───── Study material
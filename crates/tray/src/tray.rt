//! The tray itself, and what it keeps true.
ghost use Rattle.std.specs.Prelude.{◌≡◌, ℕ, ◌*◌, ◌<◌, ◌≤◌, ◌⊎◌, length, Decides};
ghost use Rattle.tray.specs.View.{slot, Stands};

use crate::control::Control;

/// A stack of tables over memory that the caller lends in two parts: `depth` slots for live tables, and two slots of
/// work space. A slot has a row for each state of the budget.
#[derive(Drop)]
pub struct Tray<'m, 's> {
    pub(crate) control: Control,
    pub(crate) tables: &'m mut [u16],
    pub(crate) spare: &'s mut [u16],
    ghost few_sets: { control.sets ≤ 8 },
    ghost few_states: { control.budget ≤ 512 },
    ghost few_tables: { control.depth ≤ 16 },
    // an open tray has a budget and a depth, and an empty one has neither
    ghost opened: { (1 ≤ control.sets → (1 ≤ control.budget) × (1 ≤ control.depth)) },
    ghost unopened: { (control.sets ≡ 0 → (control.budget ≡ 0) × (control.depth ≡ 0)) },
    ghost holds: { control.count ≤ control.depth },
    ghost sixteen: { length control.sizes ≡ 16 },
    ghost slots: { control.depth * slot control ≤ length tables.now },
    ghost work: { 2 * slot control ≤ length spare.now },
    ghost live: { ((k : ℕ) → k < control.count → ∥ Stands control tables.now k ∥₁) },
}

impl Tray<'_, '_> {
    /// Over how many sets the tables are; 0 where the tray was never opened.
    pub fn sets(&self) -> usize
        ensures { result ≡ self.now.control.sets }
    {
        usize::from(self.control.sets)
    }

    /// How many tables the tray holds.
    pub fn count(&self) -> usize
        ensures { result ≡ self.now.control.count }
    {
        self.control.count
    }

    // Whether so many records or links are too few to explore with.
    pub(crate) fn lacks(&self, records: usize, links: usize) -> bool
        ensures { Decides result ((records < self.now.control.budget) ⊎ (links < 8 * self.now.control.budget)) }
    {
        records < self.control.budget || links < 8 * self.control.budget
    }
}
──────────
───── Study material
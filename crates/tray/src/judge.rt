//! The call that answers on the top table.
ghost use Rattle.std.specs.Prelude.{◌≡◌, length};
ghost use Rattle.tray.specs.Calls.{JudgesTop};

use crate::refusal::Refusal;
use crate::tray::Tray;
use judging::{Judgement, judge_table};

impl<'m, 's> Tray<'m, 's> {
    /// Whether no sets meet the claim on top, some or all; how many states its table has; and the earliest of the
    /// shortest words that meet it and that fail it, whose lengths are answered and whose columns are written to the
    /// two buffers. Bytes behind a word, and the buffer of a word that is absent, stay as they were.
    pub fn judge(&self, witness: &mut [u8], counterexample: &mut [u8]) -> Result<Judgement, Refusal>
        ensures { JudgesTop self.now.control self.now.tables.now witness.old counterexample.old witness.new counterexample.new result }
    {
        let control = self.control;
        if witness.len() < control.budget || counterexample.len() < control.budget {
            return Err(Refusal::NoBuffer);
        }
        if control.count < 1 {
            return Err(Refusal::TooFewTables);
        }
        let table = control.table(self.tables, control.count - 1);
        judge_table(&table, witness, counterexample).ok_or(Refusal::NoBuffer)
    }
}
──────────
What to do: In the data shown above, how many lines hold the string "Prelude"? The answer is the number alone.

Answer for this exercise: 2